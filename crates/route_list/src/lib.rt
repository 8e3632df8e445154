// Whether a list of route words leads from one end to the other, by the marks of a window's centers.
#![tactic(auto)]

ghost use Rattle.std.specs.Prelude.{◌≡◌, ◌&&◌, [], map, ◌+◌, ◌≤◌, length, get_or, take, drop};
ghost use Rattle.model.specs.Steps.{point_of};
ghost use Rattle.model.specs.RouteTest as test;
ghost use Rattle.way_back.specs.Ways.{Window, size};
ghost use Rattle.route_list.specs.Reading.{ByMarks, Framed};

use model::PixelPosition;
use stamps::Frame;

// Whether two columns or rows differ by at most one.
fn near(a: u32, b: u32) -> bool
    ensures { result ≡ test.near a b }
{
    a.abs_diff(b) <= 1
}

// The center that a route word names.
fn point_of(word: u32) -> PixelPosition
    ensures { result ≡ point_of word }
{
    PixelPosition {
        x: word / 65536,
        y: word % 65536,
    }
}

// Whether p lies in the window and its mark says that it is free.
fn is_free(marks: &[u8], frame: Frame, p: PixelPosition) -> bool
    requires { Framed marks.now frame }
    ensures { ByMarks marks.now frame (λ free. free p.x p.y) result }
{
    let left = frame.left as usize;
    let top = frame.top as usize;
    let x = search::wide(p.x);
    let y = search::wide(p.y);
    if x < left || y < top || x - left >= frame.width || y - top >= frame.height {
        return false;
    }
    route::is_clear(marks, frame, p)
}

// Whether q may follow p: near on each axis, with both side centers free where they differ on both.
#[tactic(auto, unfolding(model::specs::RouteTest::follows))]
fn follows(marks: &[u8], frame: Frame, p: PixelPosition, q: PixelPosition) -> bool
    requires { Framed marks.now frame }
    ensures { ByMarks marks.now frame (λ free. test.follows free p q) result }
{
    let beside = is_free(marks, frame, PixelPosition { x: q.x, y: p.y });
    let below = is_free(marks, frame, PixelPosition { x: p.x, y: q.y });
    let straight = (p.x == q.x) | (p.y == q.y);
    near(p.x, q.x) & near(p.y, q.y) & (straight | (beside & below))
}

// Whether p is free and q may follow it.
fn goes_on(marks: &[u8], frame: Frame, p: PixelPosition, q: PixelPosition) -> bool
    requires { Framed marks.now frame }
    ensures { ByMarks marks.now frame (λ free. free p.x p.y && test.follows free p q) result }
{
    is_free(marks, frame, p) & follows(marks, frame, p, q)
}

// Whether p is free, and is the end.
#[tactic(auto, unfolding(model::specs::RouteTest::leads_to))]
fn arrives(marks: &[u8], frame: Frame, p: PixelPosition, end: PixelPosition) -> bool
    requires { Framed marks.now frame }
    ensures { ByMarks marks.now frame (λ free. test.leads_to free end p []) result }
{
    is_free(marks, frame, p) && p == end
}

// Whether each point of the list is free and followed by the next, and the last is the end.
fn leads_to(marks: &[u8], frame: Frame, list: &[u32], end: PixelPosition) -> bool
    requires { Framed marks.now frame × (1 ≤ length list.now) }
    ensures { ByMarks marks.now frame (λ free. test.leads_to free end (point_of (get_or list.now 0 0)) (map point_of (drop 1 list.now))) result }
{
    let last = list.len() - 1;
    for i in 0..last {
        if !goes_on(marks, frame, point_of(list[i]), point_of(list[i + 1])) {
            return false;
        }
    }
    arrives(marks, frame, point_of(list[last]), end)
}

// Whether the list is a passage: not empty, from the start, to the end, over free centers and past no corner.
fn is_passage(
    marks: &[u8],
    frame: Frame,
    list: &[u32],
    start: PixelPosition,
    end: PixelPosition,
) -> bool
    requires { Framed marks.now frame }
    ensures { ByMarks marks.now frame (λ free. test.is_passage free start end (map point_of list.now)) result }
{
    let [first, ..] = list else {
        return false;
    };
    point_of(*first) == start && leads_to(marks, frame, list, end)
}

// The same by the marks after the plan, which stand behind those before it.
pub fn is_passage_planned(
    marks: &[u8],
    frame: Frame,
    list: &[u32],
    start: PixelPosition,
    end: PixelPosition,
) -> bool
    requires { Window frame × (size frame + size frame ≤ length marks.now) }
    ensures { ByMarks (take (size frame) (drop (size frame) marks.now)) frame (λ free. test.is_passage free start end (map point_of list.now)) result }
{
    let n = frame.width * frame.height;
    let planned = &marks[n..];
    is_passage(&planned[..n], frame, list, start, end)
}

____________________

> **Requirement**
Look above for the line that contains "a window's centers.". Starting there, transcribe every line exactly until you have copied the line that contains "fn near(a: u32, b: u32) -> bool".

> **Response to this task**
// Whether a list of route words leads from one end to the other, by the marks of a window's centers.
#![tactic(auto)]

ghost use Rattle.std.specs.Prelude.{◌≡◌, ◌&&◌, [], map, ◌+◌, ◌≤◌, length, get_or, take, drop};
ghost use Rattle.model.specs.Steps.{point_of};
ghost use Rattle.model.specs.RouteTest as test;
ghost use Rattle.way_back.specs.Ways.{Window, size};
ghost use Rattle.route_list.specs.Reading.{ByMarks, Framed};

use model::PixelPosition;
use stamps::Frame;

// Whether two columns or rows differ by at most one.
fn near(a: u32, b: u32) -> bool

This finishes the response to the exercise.